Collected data
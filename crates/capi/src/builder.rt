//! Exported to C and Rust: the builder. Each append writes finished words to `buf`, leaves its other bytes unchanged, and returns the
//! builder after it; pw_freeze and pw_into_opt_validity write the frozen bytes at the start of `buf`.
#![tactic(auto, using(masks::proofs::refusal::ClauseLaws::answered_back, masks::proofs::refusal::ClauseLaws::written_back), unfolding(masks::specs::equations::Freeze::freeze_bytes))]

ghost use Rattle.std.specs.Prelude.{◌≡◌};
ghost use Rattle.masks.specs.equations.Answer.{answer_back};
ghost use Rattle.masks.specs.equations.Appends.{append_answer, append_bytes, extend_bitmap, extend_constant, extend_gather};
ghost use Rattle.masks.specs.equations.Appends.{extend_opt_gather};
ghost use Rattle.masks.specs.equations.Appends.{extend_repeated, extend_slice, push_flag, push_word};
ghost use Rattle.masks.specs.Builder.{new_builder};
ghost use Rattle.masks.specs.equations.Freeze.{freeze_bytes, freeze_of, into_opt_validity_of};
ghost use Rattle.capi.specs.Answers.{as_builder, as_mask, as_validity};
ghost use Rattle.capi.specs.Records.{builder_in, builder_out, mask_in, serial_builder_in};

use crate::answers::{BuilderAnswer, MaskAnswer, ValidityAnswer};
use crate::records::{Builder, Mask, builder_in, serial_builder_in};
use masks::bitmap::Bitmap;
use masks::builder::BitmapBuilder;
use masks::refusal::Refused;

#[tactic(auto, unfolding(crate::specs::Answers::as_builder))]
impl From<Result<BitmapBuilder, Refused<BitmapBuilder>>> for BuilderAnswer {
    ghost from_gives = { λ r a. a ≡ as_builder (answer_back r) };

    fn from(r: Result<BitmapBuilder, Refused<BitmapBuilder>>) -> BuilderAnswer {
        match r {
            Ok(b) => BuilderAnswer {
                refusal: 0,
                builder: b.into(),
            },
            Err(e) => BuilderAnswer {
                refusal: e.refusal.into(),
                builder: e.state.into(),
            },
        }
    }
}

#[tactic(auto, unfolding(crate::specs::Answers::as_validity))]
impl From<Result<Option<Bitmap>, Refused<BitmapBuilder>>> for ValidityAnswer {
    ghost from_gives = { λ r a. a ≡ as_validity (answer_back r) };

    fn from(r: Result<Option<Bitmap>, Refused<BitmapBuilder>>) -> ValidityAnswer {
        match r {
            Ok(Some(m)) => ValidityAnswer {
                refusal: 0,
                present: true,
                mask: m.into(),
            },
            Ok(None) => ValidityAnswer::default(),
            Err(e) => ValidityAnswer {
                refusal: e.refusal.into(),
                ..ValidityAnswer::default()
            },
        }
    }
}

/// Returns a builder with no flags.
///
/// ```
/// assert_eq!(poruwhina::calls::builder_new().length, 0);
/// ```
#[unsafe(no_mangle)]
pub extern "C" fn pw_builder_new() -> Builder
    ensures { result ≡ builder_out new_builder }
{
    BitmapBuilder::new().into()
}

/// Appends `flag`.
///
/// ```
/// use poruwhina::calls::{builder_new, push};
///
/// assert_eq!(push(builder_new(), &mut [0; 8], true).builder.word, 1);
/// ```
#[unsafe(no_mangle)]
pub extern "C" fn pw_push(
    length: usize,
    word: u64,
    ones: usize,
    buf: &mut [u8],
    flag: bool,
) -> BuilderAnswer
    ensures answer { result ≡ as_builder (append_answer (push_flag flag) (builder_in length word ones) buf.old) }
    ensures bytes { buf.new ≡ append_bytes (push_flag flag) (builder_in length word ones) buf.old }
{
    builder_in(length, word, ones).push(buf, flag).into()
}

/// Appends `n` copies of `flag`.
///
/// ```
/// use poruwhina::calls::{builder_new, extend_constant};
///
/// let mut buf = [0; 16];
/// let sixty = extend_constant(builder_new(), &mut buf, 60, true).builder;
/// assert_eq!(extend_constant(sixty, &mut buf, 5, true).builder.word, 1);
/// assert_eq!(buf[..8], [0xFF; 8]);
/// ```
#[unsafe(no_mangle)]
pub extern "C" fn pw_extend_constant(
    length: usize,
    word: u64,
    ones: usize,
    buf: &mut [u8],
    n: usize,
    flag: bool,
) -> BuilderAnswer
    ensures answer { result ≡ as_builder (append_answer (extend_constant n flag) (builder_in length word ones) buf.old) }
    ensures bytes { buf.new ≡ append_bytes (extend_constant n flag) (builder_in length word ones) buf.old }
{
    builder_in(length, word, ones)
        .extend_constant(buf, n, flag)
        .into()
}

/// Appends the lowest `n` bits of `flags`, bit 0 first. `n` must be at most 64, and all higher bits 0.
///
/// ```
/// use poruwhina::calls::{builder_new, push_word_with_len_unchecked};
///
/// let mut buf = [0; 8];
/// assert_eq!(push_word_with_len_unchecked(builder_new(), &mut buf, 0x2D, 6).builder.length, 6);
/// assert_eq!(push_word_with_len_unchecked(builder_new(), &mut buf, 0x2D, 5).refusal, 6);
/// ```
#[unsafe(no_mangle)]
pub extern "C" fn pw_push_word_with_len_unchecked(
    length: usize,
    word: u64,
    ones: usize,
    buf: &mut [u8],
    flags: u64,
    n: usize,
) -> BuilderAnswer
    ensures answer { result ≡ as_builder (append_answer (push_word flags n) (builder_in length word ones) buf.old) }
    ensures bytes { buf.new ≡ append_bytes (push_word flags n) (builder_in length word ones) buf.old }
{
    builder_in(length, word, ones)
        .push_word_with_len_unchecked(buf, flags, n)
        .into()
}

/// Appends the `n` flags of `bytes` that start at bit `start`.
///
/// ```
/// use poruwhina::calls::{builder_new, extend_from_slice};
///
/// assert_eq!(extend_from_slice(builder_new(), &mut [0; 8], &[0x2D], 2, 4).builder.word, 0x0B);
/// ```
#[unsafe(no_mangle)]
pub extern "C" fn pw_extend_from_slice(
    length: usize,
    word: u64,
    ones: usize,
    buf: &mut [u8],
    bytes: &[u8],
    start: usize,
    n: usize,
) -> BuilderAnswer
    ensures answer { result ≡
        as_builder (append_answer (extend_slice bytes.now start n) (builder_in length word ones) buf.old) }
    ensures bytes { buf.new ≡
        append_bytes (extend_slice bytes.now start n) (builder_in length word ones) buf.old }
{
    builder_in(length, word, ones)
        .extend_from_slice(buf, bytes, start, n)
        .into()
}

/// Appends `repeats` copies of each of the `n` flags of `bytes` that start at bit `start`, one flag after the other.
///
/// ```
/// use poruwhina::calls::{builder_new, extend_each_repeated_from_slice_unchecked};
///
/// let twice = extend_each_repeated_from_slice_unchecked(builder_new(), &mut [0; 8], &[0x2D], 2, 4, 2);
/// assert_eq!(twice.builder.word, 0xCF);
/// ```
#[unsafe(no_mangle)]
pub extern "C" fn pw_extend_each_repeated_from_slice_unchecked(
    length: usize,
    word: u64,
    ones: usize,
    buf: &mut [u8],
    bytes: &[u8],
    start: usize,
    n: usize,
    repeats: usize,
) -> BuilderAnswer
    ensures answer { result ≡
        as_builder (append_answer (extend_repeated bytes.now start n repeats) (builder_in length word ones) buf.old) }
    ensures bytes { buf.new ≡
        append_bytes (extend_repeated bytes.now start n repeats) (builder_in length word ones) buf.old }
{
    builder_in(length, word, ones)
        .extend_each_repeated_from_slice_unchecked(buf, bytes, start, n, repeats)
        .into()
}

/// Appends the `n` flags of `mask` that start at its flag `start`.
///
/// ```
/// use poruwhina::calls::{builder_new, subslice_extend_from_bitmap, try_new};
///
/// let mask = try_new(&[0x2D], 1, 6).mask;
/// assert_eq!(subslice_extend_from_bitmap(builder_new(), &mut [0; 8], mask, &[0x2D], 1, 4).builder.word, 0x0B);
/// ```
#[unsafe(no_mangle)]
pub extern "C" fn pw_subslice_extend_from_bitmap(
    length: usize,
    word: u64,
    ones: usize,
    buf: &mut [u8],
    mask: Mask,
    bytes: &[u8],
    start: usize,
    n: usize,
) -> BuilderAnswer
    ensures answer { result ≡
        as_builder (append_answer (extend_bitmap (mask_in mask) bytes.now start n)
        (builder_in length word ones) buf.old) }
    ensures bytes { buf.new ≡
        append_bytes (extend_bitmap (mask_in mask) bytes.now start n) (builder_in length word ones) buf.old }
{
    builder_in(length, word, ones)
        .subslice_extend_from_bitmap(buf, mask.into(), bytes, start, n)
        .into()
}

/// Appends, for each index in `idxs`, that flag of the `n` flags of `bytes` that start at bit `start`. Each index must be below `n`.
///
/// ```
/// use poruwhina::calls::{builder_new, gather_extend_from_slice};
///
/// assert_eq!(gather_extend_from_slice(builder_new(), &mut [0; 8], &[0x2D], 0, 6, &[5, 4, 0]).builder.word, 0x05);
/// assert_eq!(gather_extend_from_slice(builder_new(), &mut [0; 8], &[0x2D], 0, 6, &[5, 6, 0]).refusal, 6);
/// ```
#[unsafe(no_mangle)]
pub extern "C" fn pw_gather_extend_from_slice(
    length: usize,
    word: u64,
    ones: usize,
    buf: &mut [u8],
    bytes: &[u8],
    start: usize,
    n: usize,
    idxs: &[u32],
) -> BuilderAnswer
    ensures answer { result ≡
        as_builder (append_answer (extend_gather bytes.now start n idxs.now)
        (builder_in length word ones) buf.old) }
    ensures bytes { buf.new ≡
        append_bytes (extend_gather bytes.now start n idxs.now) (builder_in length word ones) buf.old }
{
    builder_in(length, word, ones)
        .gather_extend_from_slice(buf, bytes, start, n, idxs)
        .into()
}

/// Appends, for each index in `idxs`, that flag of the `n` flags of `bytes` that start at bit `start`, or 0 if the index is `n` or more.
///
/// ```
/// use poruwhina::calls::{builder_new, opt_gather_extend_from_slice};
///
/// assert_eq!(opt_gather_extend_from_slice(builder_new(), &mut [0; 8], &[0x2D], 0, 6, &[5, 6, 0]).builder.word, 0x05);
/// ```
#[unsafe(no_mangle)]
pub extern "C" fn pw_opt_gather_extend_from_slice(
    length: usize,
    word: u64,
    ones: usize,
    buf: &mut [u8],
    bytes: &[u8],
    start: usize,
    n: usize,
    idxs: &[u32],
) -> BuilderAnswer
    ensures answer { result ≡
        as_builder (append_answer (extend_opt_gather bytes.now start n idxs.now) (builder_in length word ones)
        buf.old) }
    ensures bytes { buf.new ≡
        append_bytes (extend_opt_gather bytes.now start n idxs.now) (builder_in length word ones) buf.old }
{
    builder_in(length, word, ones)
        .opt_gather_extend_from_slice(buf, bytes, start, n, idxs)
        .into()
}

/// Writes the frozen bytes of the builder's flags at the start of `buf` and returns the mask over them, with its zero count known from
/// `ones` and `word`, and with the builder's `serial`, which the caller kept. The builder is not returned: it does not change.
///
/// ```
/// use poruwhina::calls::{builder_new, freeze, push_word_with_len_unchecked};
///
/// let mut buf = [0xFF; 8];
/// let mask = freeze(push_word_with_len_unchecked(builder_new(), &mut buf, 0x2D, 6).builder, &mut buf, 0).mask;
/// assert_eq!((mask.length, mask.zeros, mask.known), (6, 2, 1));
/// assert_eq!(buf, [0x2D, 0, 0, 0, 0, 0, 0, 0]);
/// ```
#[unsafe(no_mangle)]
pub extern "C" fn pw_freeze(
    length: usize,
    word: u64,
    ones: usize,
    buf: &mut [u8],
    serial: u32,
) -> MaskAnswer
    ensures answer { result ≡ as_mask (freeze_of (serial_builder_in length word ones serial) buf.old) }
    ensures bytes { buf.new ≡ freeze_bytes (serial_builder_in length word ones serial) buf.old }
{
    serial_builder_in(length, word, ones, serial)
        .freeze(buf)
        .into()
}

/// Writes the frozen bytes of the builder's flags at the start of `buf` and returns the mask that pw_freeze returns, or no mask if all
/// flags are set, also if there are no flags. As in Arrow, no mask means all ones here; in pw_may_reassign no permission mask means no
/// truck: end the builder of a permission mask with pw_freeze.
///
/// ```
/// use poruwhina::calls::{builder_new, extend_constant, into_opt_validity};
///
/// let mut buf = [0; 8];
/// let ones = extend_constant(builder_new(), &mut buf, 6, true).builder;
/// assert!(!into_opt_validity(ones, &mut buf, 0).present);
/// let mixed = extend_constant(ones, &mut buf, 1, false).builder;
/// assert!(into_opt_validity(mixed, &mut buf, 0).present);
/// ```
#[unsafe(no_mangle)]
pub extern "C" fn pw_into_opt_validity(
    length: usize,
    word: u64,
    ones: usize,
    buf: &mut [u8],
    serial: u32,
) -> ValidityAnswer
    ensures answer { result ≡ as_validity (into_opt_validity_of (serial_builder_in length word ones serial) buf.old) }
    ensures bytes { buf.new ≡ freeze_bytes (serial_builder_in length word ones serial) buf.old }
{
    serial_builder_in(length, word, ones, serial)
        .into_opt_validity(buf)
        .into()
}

| Work task |
In the lines above, locate the string "unfolding". Copy every line where it occurs.

| Written reply |
#![tactic(auto, using(masks::proofs::refusal::ClauseLaws::answered_back, masks::proofs::refusal::ClauseLaws::written_back), unfolding(masks::specs::equations::Freeze::freeze_bytes))]
#[tactic(auto, unfolding(crate::specs::Answers::as_builder))]
#[tactic(auto, unfolding(crate::specs::Answers::as_validity))]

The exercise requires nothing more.